## Records for the exercise
════
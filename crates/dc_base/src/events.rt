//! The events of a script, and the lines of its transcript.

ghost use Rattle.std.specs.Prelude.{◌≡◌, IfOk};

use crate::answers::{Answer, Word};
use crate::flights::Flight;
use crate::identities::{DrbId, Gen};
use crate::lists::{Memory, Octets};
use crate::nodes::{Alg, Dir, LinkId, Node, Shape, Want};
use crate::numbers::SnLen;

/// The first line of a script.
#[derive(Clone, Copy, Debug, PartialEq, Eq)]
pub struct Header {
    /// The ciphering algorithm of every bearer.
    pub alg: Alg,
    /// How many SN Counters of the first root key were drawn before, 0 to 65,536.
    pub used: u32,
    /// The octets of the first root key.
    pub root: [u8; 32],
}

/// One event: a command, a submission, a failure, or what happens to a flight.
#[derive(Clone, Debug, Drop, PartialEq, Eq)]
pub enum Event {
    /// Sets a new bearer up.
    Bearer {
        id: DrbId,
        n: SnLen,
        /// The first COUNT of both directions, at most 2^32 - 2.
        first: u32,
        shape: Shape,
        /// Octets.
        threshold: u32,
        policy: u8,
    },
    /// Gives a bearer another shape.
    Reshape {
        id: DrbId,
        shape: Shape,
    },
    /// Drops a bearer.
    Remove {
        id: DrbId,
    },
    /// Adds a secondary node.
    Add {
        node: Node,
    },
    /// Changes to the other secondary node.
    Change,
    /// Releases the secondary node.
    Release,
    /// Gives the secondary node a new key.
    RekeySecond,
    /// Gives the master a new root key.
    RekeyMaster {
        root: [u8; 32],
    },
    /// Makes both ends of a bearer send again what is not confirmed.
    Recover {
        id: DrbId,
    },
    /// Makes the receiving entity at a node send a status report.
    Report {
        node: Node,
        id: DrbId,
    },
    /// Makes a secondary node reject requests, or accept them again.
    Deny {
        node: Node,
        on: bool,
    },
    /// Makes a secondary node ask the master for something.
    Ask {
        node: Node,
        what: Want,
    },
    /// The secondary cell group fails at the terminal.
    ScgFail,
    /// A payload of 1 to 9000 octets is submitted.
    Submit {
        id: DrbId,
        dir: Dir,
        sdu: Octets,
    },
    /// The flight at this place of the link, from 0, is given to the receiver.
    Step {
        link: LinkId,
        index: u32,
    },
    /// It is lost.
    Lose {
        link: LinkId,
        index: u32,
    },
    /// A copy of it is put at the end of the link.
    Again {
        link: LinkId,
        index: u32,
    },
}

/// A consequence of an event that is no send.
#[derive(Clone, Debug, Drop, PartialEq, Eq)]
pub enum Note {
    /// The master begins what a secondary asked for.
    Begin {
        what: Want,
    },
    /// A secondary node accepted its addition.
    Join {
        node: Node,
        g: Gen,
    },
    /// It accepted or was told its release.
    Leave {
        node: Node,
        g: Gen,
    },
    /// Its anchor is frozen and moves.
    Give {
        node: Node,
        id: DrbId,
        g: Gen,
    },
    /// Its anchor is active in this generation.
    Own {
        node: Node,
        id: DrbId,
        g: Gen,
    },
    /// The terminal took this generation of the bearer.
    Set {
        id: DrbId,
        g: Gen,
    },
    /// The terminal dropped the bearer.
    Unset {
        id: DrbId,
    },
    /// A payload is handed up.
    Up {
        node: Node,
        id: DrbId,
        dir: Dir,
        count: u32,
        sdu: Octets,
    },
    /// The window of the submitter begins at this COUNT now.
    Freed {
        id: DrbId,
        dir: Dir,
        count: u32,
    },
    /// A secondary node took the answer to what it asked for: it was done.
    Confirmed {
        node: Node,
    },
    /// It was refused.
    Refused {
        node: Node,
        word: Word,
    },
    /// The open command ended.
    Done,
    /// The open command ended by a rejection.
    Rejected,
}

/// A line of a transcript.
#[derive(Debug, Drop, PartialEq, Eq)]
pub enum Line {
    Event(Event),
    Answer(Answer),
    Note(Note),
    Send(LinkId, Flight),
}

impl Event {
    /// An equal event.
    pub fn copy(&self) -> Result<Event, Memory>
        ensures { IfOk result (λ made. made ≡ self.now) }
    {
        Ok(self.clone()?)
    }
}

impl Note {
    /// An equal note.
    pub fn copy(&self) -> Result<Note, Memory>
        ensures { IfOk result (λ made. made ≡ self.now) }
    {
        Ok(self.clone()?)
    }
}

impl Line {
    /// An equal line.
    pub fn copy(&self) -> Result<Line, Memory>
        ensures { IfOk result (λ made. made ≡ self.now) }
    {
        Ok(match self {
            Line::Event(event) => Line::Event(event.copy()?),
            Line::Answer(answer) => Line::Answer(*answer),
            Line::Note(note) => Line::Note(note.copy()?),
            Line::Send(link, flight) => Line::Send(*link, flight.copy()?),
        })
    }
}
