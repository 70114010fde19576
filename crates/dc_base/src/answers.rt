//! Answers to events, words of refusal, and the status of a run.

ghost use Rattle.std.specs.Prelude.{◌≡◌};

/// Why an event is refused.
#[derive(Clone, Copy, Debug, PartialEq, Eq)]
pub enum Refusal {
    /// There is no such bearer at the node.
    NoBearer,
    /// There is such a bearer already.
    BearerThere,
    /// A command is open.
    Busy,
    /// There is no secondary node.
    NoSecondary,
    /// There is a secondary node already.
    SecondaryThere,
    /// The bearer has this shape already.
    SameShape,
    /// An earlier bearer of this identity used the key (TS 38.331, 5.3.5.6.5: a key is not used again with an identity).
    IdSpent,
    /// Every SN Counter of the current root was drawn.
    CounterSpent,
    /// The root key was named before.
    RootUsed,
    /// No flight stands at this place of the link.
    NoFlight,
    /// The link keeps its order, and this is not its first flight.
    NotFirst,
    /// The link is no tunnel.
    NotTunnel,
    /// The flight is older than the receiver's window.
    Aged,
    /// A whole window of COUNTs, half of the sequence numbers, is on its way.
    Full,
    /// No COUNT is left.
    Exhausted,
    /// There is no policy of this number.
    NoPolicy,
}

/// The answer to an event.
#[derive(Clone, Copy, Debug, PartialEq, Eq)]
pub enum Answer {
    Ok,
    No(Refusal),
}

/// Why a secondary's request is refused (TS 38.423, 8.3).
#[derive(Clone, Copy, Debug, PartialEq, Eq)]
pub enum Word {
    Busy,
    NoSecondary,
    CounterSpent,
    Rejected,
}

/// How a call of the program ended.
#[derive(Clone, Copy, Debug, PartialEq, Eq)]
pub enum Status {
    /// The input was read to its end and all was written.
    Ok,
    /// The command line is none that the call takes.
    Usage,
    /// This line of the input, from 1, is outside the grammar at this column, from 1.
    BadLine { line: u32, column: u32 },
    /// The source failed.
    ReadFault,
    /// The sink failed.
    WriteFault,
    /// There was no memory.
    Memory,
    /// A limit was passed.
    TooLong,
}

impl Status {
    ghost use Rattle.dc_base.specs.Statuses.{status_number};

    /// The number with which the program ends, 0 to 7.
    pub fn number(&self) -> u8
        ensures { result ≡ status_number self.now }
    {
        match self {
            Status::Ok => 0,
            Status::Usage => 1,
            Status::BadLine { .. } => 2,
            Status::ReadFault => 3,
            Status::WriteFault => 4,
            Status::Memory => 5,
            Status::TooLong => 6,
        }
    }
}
════
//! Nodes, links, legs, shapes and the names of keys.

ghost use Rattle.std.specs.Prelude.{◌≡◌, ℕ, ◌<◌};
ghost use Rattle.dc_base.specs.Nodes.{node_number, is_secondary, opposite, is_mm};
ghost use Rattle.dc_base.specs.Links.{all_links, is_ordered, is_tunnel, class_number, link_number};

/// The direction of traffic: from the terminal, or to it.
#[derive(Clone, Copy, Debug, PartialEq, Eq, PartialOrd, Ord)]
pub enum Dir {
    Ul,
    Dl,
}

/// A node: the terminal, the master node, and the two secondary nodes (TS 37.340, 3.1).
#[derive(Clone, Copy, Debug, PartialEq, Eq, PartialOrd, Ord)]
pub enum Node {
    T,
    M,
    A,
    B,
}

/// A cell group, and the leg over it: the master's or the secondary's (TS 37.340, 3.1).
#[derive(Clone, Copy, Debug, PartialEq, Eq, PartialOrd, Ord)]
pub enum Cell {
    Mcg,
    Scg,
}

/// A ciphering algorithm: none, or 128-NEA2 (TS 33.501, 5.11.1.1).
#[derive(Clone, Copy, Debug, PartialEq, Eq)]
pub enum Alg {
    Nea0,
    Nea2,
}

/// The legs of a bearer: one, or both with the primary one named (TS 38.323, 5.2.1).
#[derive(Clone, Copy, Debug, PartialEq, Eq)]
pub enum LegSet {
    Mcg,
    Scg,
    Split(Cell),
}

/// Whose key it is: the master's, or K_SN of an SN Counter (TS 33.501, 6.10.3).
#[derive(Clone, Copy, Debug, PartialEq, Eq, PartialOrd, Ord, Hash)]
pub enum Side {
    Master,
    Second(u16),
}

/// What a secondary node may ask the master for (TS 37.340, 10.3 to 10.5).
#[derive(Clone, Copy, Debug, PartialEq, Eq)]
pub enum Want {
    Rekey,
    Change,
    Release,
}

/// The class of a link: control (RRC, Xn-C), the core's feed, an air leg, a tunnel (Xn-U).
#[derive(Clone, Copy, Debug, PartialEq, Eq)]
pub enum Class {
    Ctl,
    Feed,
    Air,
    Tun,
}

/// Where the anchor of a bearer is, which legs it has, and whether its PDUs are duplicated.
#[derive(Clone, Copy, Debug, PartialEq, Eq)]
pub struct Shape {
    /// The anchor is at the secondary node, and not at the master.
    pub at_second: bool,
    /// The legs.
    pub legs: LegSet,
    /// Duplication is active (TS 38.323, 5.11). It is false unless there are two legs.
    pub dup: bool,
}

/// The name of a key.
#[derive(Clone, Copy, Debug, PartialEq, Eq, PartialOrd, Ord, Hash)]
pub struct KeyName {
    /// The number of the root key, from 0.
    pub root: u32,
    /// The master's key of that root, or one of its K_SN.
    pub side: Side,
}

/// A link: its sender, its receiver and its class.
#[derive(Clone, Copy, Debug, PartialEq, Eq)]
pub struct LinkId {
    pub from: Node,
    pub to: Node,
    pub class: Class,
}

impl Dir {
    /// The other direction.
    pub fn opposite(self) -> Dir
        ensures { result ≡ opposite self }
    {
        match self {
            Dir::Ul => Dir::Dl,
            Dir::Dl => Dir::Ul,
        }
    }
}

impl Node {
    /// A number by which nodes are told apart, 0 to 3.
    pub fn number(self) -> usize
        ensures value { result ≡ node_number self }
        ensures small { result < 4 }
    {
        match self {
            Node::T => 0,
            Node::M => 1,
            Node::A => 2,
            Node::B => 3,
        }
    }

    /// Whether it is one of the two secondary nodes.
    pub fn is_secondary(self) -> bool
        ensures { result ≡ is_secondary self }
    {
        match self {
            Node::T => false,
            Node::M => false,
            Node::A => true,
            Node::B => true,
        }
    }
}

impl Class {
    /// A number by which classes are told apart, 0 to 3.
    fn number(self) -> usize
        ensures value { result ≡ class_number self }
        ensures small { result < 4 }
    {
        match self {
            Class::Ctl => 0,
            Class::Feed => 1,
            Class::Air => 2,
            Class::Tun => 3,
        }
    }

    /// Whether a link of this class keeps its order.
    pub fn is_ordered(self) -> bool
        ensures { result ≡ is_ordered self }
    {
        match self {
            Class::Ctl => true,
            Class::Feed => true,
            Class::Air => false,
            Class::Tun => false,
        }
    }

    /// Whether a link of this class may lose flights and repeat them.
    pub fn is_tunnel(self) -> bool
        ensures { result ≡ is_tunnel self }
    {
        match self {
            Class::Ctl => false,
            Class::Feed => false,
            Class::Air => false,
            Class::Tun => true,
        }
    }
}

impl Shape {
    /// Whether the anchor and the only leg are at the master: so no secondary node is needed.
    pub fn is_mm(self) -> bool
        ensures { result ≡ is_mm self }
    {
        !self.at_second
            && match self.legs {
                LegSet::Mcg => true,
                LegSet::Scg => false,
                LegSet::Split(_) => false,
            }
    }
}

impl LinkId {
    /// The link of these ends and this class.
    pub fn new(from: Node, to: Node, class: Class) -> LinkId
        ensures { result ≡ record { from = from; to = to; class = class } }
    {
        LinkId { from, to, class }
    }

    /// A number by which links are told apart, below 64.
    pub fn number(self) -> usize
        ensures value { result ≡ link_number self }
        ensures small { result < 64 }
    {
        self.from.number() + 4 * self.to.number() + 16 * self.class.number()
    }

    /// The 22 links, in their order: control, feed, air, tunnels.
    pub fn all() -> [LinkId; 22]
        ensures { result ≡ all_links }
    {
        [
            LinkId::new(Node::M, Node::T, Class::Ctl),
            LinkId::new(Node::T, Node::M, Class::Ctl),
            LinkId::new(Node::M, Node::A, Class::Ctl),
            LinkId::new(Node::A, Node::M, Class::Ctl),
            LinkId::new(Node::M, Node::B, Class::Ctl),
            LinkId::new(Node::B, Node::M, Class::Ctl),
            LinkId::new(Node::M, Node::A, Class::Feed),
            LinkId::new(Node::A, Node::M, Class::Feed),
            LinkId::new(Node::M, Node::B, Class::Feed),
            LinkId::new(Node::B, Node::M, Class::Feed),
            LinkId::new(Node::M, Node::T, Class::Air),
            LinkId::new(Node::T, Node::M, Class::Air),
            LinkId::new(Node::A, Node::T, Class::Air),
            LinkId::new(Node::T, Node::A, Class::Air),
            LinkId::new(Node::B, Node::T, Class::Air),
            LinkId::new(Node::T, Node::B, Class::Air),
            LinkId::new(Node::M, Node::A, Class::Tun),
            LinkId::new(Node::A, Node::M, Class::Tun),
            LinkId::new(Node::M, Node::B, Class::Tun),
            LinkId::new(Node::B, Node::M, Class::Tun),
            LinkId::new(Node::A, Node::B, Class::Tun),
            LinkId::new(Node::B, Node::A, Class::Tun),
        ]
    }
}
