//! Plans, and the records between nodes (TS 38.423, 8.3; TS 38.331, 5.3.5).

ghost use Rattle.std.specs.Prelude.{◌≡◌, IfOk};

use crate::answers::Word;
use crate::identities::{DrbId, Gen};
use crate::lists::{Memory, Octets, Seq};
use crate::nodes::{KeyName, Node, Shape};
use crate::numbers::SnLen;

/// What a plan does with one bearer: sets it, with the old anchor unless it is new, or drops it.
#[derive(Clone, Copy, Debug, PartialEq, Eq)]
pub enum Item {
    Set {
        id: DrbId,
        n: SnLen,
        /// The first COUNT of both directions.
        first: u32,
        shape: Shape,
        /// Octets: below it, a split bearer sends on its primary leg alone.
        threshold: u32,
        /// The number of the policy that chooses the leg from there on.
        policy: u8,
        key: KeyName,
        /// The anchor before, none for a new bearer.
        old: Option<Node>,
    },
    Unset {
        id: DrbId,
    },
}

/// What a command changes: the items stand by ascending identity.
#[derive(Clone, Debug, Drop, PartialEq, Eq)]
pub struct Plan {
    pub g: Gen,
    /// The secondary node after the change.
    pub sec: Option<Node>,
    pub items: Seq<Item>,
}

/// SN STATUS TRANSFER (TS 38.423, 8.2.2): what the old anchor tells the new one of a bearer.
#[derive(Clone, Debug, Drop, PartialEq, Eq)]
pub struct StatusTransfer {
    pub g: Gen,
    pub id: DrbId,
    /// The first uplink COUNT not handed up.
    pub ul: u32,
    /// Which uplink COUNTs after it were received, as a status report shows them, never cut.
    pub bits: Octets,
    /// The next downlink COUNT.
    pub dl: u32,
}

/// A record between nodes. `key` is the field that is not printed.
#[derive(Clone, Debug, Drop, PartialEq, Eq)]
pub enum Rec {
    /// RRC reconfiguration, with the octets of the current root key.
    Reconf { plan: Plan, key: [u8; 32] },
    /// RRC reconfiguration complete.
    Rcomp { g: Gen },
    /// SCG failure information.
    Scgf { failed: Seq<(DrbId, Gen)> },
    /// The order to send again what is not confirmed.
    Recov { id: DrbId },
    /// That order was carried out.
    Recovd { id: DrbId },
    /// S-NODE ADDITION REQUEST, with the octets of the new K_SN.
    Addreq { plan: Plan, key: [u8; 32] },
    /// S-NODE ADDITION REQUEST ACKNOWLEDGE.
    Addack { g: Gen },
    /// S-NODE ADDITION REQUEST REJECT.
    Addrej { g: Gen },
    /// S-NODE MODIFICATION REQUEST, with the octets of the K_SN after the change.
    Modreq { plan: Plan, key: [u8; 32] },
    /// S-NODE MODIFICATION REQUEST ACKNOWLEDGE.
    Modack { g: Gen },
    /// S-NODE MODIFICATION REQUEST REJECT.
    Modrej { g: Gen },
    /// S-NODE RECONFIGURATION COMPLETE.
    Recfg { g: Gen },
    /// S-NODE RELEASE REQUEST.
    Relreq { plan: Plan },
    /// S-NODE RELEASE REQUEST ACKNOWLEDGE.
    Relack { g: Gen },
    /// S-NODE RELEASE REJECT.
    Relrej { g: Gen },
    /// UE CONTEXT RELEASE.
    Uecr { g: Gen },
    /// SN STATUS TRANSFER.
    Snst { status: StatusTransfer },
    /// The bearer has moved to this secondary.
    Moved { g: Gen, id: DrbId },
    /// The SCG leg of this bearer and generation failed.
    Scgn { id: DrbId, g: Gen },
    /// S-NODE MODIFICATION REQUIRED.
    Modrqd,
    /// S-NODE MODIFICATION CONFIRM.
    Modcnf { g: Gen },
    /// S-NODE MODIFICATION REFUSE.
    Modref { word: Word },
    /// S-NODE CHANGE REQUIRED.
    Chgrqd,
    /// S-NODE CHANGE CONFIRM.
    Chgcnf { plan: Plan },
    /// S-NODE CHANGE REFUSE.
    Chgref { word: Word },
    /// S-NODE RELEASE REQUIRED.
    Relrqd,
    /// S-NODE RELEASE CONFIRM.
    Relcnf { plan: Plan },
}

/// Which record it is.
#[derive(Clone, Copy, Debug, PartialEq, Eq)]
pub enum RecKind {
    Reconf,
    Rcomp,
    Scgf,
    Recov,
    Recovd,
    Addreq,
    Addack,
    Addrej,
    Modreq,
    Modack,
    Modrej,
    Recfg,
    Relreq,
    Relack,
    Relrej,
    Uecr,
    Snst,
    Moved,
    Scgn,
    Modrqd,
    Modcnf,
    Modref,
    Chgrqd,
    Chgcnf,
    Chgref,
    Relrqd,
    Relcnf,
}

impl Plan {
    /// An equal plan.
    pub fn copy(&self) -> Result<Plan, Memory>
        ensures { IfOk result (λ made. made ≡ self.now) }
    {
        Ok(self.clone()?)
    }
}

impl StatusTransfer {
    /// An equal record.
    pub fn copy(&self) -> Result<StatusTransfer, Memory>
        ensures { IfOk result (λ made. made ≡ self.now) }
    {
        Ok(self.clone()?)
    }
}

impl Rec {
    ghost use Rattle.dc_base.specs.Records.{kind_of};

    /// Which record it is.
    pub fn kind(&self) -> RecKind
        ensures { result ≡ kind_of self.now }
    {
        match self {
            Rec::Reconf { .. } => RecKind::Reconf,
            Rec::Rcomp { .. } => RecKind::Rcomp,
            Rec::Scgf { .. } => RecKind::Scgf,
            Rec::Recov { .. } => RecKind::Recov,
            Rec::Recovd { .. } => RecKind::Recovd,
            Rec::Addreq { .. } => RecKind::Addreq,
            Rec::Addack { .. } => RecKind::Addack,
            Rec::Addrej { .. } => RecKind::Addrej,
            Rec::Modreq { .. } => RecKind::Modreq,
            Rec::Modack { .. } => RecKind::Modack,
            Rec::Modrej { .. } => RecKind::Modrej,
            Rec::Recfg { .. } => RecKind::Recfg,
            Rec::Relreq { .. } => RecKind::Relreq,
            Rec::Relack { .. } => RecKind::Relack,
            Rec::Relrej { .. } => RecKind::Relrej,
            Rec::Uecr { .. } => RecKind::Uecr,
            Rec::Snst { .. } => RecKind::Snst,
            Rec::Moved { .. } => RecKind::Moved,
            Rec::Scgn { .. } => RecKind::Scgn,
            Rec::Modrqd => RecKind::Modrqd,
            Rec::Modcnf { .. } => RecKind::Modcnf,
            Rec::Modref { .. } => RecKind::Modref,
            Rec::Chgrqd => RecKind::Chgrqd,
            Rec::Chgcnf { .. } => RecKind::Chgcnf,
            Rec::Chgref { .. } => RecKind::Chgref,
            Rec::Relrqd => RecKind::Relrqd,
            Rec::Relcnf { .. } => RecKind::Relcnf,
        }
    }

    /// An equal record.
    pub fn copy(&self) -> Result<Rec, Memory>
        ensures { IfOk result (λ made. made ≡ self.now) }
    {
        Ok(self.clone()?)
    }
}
════
Search the data for the string "Relack" and copy every line where it appears.

    Relack { g: Gen },
    Relack,
            Rec::Relack { .. } => RecKind::Relack,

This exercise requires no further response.